(WASHINGTON) The government is readying rules largely favorable to companies that want to use small drones for commercial purposes, according to a federal analysis, potentially leading to the widespread flights by unmanned aircraft performing aerial photography, crop monitoring, inspections of cell towers and bridges and other work.
An economic analysis by Federal Aviation Administration, which was inadvertently posted online, describes draft rules submitted by the agency in October to the White House budget office to review. In response to inquiries, the FAA said in a statement late Saturday that it will officially release the rules on Sunday.
The regulations would apply to drones weighing less than 55 pounds. They would improve safety by using small, lightweight unmanned aircraft instead of heavier, manned aircraft that “pose a higher level of risk,” the analysis said. It notes that between 2004 and 2012, there were 95 fatalities involving climbers working on cell and other towers.
If the rules would prevent only one fatality by using a small drone instead of a tower climber, the $9.2 million saved — the amount the government says is the economic value of a single life — would exceed the entire cost of the regulations to society, according to the document.
The analysis does not offer a total estimate on the annual economic benefit of regulations, but says it would exceed $100 million a year. For example, about 45,000 annual bridge inspections could be conducted with small drones. Most bridge inspections currently employ hydraulic mobile cranes called “snoopers.” The average cost of an inspection using a snooper is $3,250. Cable bridge inspections are even more expensive because they often require a 200-foot aerial lift.
The Association of Unmanned Vehicle Systems International, an industry trade association, estimates that small, commercial drones will create 70,000 jobs with an economic impact of more than $13.6 billion in the first three years after their integration into U.S. skies.
The analysis doesn’t address jobs that might be displaced by drones, like some types of pilots.
The FAA currently bans all commercial drone flights except for those by a small number of companies that have been granted waivers. Congress has been leaning on the FAA to move faster on regulations that would allow a wide variety of companies to employ drones for everything from monitoring pipelines to delivering pizzas. Under a law passed in 2012, the FAA was to issue final regulations by September 2015, but that appears unlikely.
Even if the White House approves the FAA’s proposal, the agency is still required to offer it for public comment. Tens of thousands of comments are anticipated, and it could take two to three years for the agency to address them before issuing final regulations.

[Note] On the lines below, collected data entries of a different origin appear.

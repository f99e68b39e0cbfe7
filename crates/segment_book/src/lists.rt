//! Segments as lists: those of a flow, and all of them.
ghost use Rattle.std.specs.Prelude.{◌≡◌, ◌<◌, ◌++◌, IfOk, OnOk};
ghost use Rattle.media_rows.specs.Lists.{in_order};
ghost use Rattle.media_rows.specs.Segments.{segments_of, starts_before};
ghost use Rattle.media_rows.specs.Snapshot.{segment_row_before};
ghost use Rattle.shared_tree.specs.Pairs.{values_of};
ghost use Rattle.segment_book.specs.Within.Flows.{rows_joined};

use crate::SegmentBook;
use crate::pages::few;
use disk_trait::{Duplicate, Memory};
use id_index::all_rows;
use media_rows::{Page, SegmentList, SegmentRow};
use segment_index::SegmentIndex;
use shared_tree::Steps;
use std::alloc::Global;
use std::marker::Brand;
use std::sync::ledger::{Blank, Ledger};
use time_range::TimeRange;

impl SegmentBook {
    /// The segments of a flow by rising first point.
    pub fn flow_rows(&self, alloc: Global, flow: u128) -> Result<SegmentList, Memory>
        ensures { IfOk result
            (λ list. list ≡ in_order starts_before (segments_of flow self.now)) }
    {
        let index = self.index(flow)?;
        let mut list = SegmentList::new(alloc);
        append_rows::<Brand>(alloc, &index, &mut list, Blank::new(1))?;
        Ok(list)
    }

    /// All segments as a snapshot has them: by flow, and those of a flow by rising first point.
    pub fn list(&self, alloc: Global) -> Result<SegmentList, Memory>
        ensures { IfOk result (λ list. list ≡ in_order segment_row_before self.now) }
    {
        self.flows.keys_rise();
        let flows = all_rows(alloc, &self.flows)?;
        let mut list = SegmentList::new(alloc);
        append_flows(alloc, &flows, &mut list)?;
        Ok(list)
    }
}

/// Appends the segments of indexes, one after the other.
fn append_flows(
    alloc: Global,
    flows: &[&SegmentIndex],
    list: &mut SegmentList,
) -> Result<(), Memory>
    ensures { OnOk result (list.new ≡ list.old ++ rows_joined (values_of flows.now)) }
{
    for index in flows {
        append_rows::<Brand>(alloc, *index, list, Blank::new(1))?;
    }
    Ok(())
}

/// Appends all segments of an index. The steps aren't anybody's.
fn append_rows<L: Ledger>(
    alloc: Global,
    index: &SegmentIndex,
    list: &mut SegmentList,
    blank: Blank,
) -> Result<(), Memory>
    requires name { blank.name ≡ L.name }
    requires parts { blank.parts ≡ L.parts }
    requires one { 0 < L.parts }
    ensures { OnOk result (list.new ≡ list.old ++ index.now) }
{
    index.is_in_order();
    let count = few(index)?;
    let mut steps = Steps::<L>::new(blank);
    let mut rows = Vec::with_capacity(alloc, count as usize)?;
    let all = TimeRange::eternity();
    let page = Page {
        after: None,
        limit: count,
        reverse: false,
    };
    index.range(&all, &page, &mut rows, &mut steps);
    append_copies(alloc, &rows, list)
}

/// Appends these segments.
fn append_copies(alloc: Global, rows: &[&SegmentRow], list: &mut SegmentList) -> Result<(), Memory>
    ensures { OnOk result (list.new ≡ list.old ++ values_of rows.now) }
{
    for row in rows {
        list.push(row.duplicate(alloc)?)?;
    }
    Ok(())
}
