//! Ids in text: those of sources, flows and the store, and those of media objects.
ghost use Rattle.std.specs.Prelude.{◌≡◌, ◌≤◌, ◌&&◌, IfOk, Some, length, nat_le};
ghost use Rattle.std.specs.List.{list_all};
ghost use Rattle.uuid.specs.Text.{hyphenated_text, lower};
ghost use Rattle.media_rows.specs.Ids.{id_of, id_text, is_id_byte, is_object_id};

use disk_trait::{Memory, Text};
use std::alloc::Global;
use uuid::Uuid;
use uuid::fmt::Hyphenated;

/// Bytes of the longest id of an object.
const LONGEST_OBJECT_ID: usize = 200;

/// The id that a text spells, in any of the four forms of a UUID's text (RFC 9562, section 4, and
/// its forms in braces, as a URN and without hyphens).
pub fn read_id(text: &[u8]) -> Option<u128>
    ensures { result ≡ id_of text.now }
{
    match Uuid::try_parse_ascii(text) {
        Ok(id) => Some(id.as_u128()),
        Err(_) => None,
    }
}

/// The hyphenated text of an id in lower case (RFC 9562, section 4).
pub fn print_id(alloc: Global, id: u128) -> Result<Text, Memory>
    ensures text { IfOk result (λ text. text ≡ id_text id) }
    ensures reads_back { IfOk result (λ text. id_of text ≡ Some id) }
{
    let mut buffer = Uuid::encode_buffer();
    let spelled = Uuid::from_u128(id).hyphenated();
    let printed = write_id(&spelled, &mut buffer);
    Text::from_bytes(alloc, printed.as_bytes())
}

/// Writes the text of an id in lower case to the start of a buffer of at least 36 bytes.
fn write_id<'b>(id: &Hyphenated, buffer: &'b mut [u8]) -> &'b str
    requires { 36 ≤ length buffer.old }
    ensures { result.now ≡ hyphenated_text lower id.now }
{
    id.encode_lower(buffer)
}

/// Whether a text can be an object's id: 1 to 200 bytes from `!` to `~`. It is our own rule.
pub fn is_object_id(text: &[u8]) -> bool
    ensures { result ≡ is_object_id text.now }
{
    has_object_id_length(text) && are_id_bytes(text)
}

fn has_object_id_length(text: &[u8]) -> bool
    ensures { result ≡ (nat_le 1 (length text.now) && nat_le (length text.now) LONGEST_OBJECT_ID) }
{
    1 <= text.len() && text.len() <= LONGEST_OBJECT_ID
}

fn are_id_bytes(text: &[u8]) -> bool
    ensures { result ≡ list_all is_id_byte text.now }
{
    text.iter().all(|byte| is_id_byte(*byte))
}

fn is_id_byte(byte: u8) -> bool
    ensures { result ≡ is_id_byte byte }
{
    b'!' <= byte && byte <= b'~'
}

The document indicates the agency has dropped its insistence that drone operators have the same licenses and medical certificates required for pilots of manned aircraft. Industry officials complained that obtaining a private pilot license or medical certificate would be unnecessarily burdensome.
Commercial operators would have to take an aerospace knowledge test administered by the FAA before they could receive a certificate granting permission to operate a drone. The agency estimates the cost to operators of obtaining certificate at about $300.
A private pilot license can cost thousands of dollars because it requires many hours of experience flying a plane.
Operators would have to keep drone flights under 500 feet in altitude, which is below where most manned aircraft fly. That’s 100 feet higher than the agency typically has approved in waivers to commercial operators.
But the draft rules would still prohibit drones from flying farther away than they can be seen by their operator, and nighttime flights would remain banned. The line-of-sight requirement would preclude delivery drone of the type envisioned by Amazon. Google is also experimenting with such drones.
Industry officials have chafed at both restrictions, saying they significantly reduce the usefulness of unmanned aircraft. The FAA’s concern is that with no pilot on board, the operator on the ground is best able to prevent a collision with another aircraft by keep the drone in sight at all times.
Drone operators would also have to be checked out by the Transportation Safety Administration to determine whether they pose a security threat before they could receive an FAA operator certificate. There is no fee for the security check, but one might be applied in the future, the analysis said.
Last month, a small drone flew over the White House fence and crashed on the lawn. Although the operator later came forward saying the incident was an accident, the episode has raised concern that small drones might pose a security threat.
Agriculture is expected to become one of the first industries to embrace drones. Helicopter drones that are widely used for spraying crops in Japan would not fall under the FAA rules because they weigh significantly more than 55 pounds. But the rules would apply to small drones that monitor crops to better target watering or for mapping fields.
The FAA analysis was first reported by Forbes on Saturday.